When a doctor joins an existing practice, they are often expected to make an upfront investment.
“They buy in to do their fair share,” Poore said.
In Haywood County, both models exist within the same orthopedics office. Western Carolina Orthopedic Specialists has three doctors, two of whom own the private practice, while a third, Dr. Gerald King, is an employee of the hospital.
The hospital pays Western Carolina Orthopedic Specialists a management fee to covers King’s share of overhead, from office space to secretarial staff. The hospital also pays Kings salary.
In exchange, the hospital gets 100 percent of the revenue generated from King’s patients. It also benefits from having an orthopedist in the county who will bring business through the doors of the hospital. The hospital was suffering from a chronic orthopedist shortage that led patients unable to get appointments locally to take their business outside the county.
Haywood Regional Medical Center recently bought out Haywood Women’s Medical Center, the only Ob-Gyn practice in the county. The hospital now owns the practice and the doctors are employees of the hospital.
It was one of the first moves toward hospital-employed physicians in Haywood. The Ob-Gyn practice was a good starting place for several reasons, Poore said.
For one, doctors who deliver babies have some of the highest overhead.
“The malpractice is unbelievably high,” Poore said.
But the service is so crucial, no well-rounded hospital could afford to be without it.
“Our goals was to keep a viable Ob-Gyn practice in Haywood County,” Poore said.
Buying out an existing practice is more complicated than setting up the arrangement from the get-go with new hires. The process took six months and required outside consultants to help arrive at a fair purchase price.
The new model is particularly attractive to doctors in a climate of decreasing reimbursement rates for Medicare and Medicaid patients. Doctors take a bigger hit in rural areas, where a higher percentage of patients are likely to be on Medicare or Medicaid. It makes the offer of employment — and the steady salary that goes with it despite the poverty level of patients — an even more important recruiting tool in rural areas, according to Dr. Charles Trenthem, an anesthesiologist and chief of staff at Angel Medical Center.
“If we weren’t employing physicians and subsidizing their practices, the health care in Western North Carolina would suffer,” Trenthem said.
Angel Medical recently got a special “critical access” designation for its hospital that gets it a higher reimbursement rate from Medicare and Medicaid. Physicians employed by the hospital also enjoy the higher reimbursement rate, since billing is done by the hospital itself.

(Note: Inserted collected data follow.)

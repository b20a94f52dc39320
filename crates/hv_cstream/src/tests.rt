//! A source of three options, in each of their configurations.
ghost use Rattle.std.specs.Prelude.{◌≡◌, All, length, IfOk, OnOk};
ghost use Rattle.hv_cond.specs.Diagram.{IsNode};

use super::*;
use hv_base::{Config, List, Memory, Place, Span, Text};
use hv_cond::{Cond, Store};
use hv_ctoks::{ReservedNames, spell};
use hv_given::Given;
use hv_toks::{PpKind, PpTok, Stream, project};
use std::alloc::Global;
use std::test::Fail;

/// Adds an episode that gives one token.
fn add(
    alloc: Global,
    store: &Store,
    given: &mut List<Given>,
    cond: Cond,
    offset: u64,
    kind: PpKind,
    text: &[u8],
) -> Result<(), Memory>
    requires cond { IsNode store.now cond }
    requires given { All (λ g. IsNode store.now g.cond) given.old }
    ensures { OnOk result (All (λ g. IsNode store.now g.cond) given.new) }
{
    let span = Span {
        file: 0,
        start: offset,
        end: offset,
    };
    let mut tokens = List::new(alloc);
    tokens.add(PpTok {
        kind,
        span,
        text: Text::from_slice(alloc, text)?,
        space: true,
        first: false,
    })?;
    let place = Place {
        stack: List::new(alloc),
        file: 0,
        offset,
    };
    given.add(Given {
        cond,
        place,
        face: 0,
        tokens,
    })
}

/// What a source gives in which `x`, a string and `;` always stand, another string under the first
/// option, a bad constant under the second, and a name between the strings under the third.
fn entries(alloc: Global, store: &mut Store) -> Result<List<Given>, Memory>
    requires { store.old.variables ≡ 3 }
    ensures variables { store.new.variables ≡ 3 }
    ensures nodes { IfOk result (λ given. All (λ g. IsNode store.new g.cond) given) }
{
    let always = store.truth();
    let first = store.var(0)?;
    let second = store.var(1)?;
    let third = store.var(2)?;
    let mut given = List::new(alloc);
    add(
        alloc,
        store,
        &mut given,
        always,
        0,
        PpKind::Identifier,
        b"x",
    )?;
    add(
        alloc,
        store,
        &mut given,
        first,
        1,
        PpKind::StringLiteral,
        b"\"s\"",
    )?;
    add(alloc, store, &mut given, second, 2, PpKind::Number, b"1x")?;
    add(alloc, store, &mut given, third, 3, PpKind::Identifier, b"y")?;
    add(
        alloc,
        store,
        &mut given,
        always,
        4,
        PpKind::StringLiteral,
        b"\"t\"",
    )?;
    add(
        alloc,
        store,
        &mut given,
        always,
        5,
        PpKind::Punctuator,
        b";",
    )?;
    Ok(given)
}

/// The tokens of a configuration, each in its spelling and a space after it.
fn spelled(alloc: Global, store: &Store, stream: &Stream, on: &[bool]) -> Result<Text, Memory>
    requires conditions { All (λ token. IsNode store.now token.cond) stream.now }
    requires values { length on.now ≡ store.now.variables }
{
    let config = Config {
        on: List::from_slice(alloc, on)?,
    };
    let mut text = List::new(alloc);
    for token in project(alloc, store, stream, &config)?.as_slice() {
        spell(&mut text, token)?;
        text.add(b' ')?;
    }
    Ok(text)
}

/// The tokens of a configuration, or why it is refused.
fn read(alloc: Global, on: [bool; 3]) -> Result<Text, Memory> {
    let mut store = Store::new(alloc, 3)?;
    let given = entries(alloc, &mut store)?;
    let live = store.truth();
    let parted = convert_all(
        alloc,
        &mut store,
        given.as_slice(),
        live,
        ReservedNames::Refused,
    )?;
    let stream = join_strings(alloc, &mut store, parted.good, parted.value)?;
    if store.eval(parted.good, &on) {
        return spelled(alloc, &store, &stream, &on);
    }
    match parted.failing.as_slice() {
        [only] => Text::from_slice(alloc, only.why.name().as_bytes()),
        _ => Text::from_slice(alloc, b"several causes"),
    }
}

#[test]
fn strings_are_joined_where_nothing_is_between_them(rt: HostRuntime) -> Result<(), Fail> {
    let alloc = rt.alloc();
    for (on, wanted) in [
        ([false, false, false], "x \"t\" ; "),
        ([true, false, false], "x \"st\" ; "),
        ([false, true, false], "BadConstant"),
        ([true, true, false], "BadConstant"),
        ([false, false, true], "x y \"t\" ; "),
        ([true, false, true], "x \"s\" y \"t\" ; "),
        ([false, true, true], "BadConstant"),
        ([true, true, true], "BadConstant"),
    ] {
        let text = read(alloc, on)?;
        assert!(rt; text.is_text(wanted.as_bytes()), "{wanted}");
    }
    Ok(())
}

The issue is particularly acute in emergency room settings, where doctors are likely to see a higher number of patients without insurance who have no means to pay their bills.

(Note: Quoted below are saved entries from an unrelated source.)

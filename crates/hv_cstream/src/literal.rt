//! String literals that may go on.
ghost use Rattle.std.specs.Prelude.{◌≡◌, ◌++◌, ◌∷◌, [], ◌&&◌, not, All, Bool, List, IfOk, OnOk, if◌then◌else◌};
ghost use Rattle.hv_cond.specs.Diagram.{IsNode, Keeps, holds};
ghost use Rattle.hv_cstream.specs.working.Joining.{Appends, AreNodes, WritesOut, open_in, shown, with_string};

use hv_base::{CTok, List, Memory, Start, Text};
use hv_cond::{Cond, Store};
use hv_toks::{Stream, StreamTok};
use std::alloc::Global;

/// A string literal of the configurations of a condition, as far as it is read. Another one next to
/// it makes it longer.
#[derive(Drop)]
pub(crate) struct Literal {
    pub(crate) cond: Cond,
    /// Where its first part comes from.
    pub(crate) start: Start,
    pub(crate) bytes: Text,
}

/// The parts of a condition inside and outside another.
fn parted(store: &mut Store, cond: Cond, other: Cond) -> Result<(Cond, Cond), Memory>
    requires cond { IsNode store.old cond }
    requires other { IsNode store.old other }
    ensures keeps { Keeps store.old store.new }
    ensures nodes { IfOk result
        (λ parts. IsNode store.new parts.0 × IsNode store.new parts.1) }
    ensures inside { IfOk result (λ parts. (values : List Bool) → holds store.new parts.0 values
        ≡ (holds store.old cond values && holds store.old other values)) }
    ensures outside { IfOk result (λ parts. (values : List Bool) → holds store.new parts.1 values
        ≡ (holds store.old cond values && not (holds store.old other values))) }
{
    let outside = store.without(cond, other)?;
    let inside = store.and(cond, other)?;
    Ok((inside, outside))
}

/// Keeps a literal open where its condition can hold.
pub(crate) fn keep(
    store: &Store,
    literals: &mut List<Literal>,
    literal: Literal,
) -> Result<(), Memory>
    requires node { IsNode store.now literal.cond }
    requires nodes { AreNodes store.now literals.old }
    ensures nodes { OnOk result (AreNodes store.now literals.new) }
    ensures kept { OnOk result ((values : List Bool) → open_in store.now literals.new values
        ≡ open_in store.now literals.old values ++ open_in store.now (literal ∷ []) values) }
{
    if store.is_false(literal.cond) {
        return Ok(());
    }
    literals.add(literal)
}

/// Keeps a copy of a literal open under another condition, where that can hold.
fn keep_copy(
    alloc: Global,
    store: &Store,
    literals: &mut List<Literal>,
    literal: &Literal,
    cond: Cond,
) -> Result<(), Memory>
    requires node { IsNode store.now cond }
    requires nodes { AreNodes store.now literals.old }
    ensures nodes { OnOk result (AreNodes store.now literals.new) }
    ensures kept { OnOk result ((values : List Bool) → open_in store.now literals.new values
        ≡ open_in store.now literals.old values
        ++ (if holds store.now cond values then shown literal.now ∷ [] else [])) }
{
    if store.is_false(cond) {
        return Ok(());
    }
    literals.add(Literal {
        cond,
        start: literal.start.copy(alloc)?,
        bytes: literal.bytes.copy(alloc)?,
    })
}

/// Puts a literal after others, longer by some bytes where a condition holds.
fn append(
    alloc: Global,
    store: &mut Store,
    literals: &mut List<Literal>,
    literal: Literal,
    cond: Cond,
    more: &[u8],
) -> Result<(), Memory>
    requires literal { IsNode store.old literal.cond }
    requires cond { IsNode store.old cond }
    requires nodes { AreNodes store.old literals.old }
    ensures keeps { Keeps store.old store.new }
    ensures appended { OnOk result (Appends store.old store.new cond more.now (literal ∷ [])
        literals.old literals.new) }
{
    let (inside, outside) = parted(store, literal.cond, cond)?;
    if store.is_false(inside) {
        return literals.add(literal);
    }
    keep_copy(alloc, store, literals, &literal, outside)?;
    let mut bytes = literal.bytes;
    bytes.extend_from_slice(more)?;
    literals.add(Literal {
        cond: inside,
        start: literal.start,
        bytes,
    })
}

/// Open literals, longer by some bytes where a condition holds.
pub(crate) fn append_all(
    alloc: Global,
    store: &mut Store,
    literals: List<Literal>,
    cond: Cond,
    more: &[u8],
) -> Result<List<Literal>, Memory>
    requires cond { IsNode store.old cond }
    requires nodes { AreNodes store.old literals }
    ensures keeps { Keeps store.old store.new }
    ensures appended { IfOk result (Appends store.old store.new cond more.now literals []) }
{
    let mut after = List::new(alloc);
    for literal in literals.into_vec() {
        append(alloc, store, &mut after, literal, cond, more)?;
    }
    Ok(after)
}

/// Puts a literal after others where a condition doesn't hold, and where it does writes it to a
/// stream.
fn write_out(
    alloc: Global,
    store: &mut Store,
    out: &mut Stream,
    literals: &mut List<Literal>,
    literal: Literal,
    cond: Cond,
) -> Result<(), Memory>
    requires literal { IsNode store.old literal.cond }
    requires cond { IsNode store.old cond }
    requires nodes { AreNodes store.old literals.old }
    requires out_nodes { All (λ token. IsNode store.old token.cond) out.old }
    ensures keeps { Keeps store.old store.new }
    ensures written { OnOk result (WritesOut store.old store.new cond (literal ∷ [])
        literals.old literals.new out.old out.new) }
{
    let (inside, outside) = parted(store, literal.cond, cond)?;
    if store.is_false(inside) {
        return literals.add(literal);
    }
    keep_copy(alloc, store, literals, &literal, outside)?;
    out.add(StreamTok {
        tok: CTok::Str(literal.bytes),
        cond: inside,
        start: literal.start,
    })
}

/// Writes open literals to a stream where a condition holds; what is left stays open.
pub(crate) fn write_out_all(
    alloc: Global,
    store: &mut Store,
    out: &mut Stream,
    literals: List<Literal>,
    cond: Cond,
) -> Result<List<Literal>, Memory>
    requires cond { IsNode store.old cond }
    requires nodes { AreNodes store.old literals }
    requires out_nodes { All (λ token. IsNode store.old token.cond) out.old }
    ensures keeps { Keeps store.old store.new }
    ensures written { IfOk result (λ after. WritesOut store.old store.new cond literals [] after
        out.old out.new) }
{
    let mut after = List::new(alloc);
    for literal in literals.into_vec() {
        write_out(alloc, store, out, &mut after, literal, cond)?;
    }
    Ok(after)
}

While ER doctors theoretically treat patients without regard for whether they can pay, it can influence doctors on a subconscious level, said Dr. Bruce Lobitz, an ER doctor at Angel. But as a hospital-employed physician with a steady salary regardless, it makes it easier for doctors to ignore a patient’s ability to pay when providing care.
“I don’t care about the patient’s payer status. The hospital takes care of all that,” Lobitz said.
The hospital is left to absorb the hit, which can be a problem for rural hospitals already operating on a paper-thin margin, Trenthem said. The model also saddles hospitals with the upfront investment of setting up a new doctor and shouldering the risk if patient revenue falls short.
“Costs are being shifted to these smaller hospitals,” Trenthem said.
But given the trend, they had no choice but step up to the plate and adopt the model.
“The days of a physician going out and hanging a shingle are kind of over now,” Trenthem said.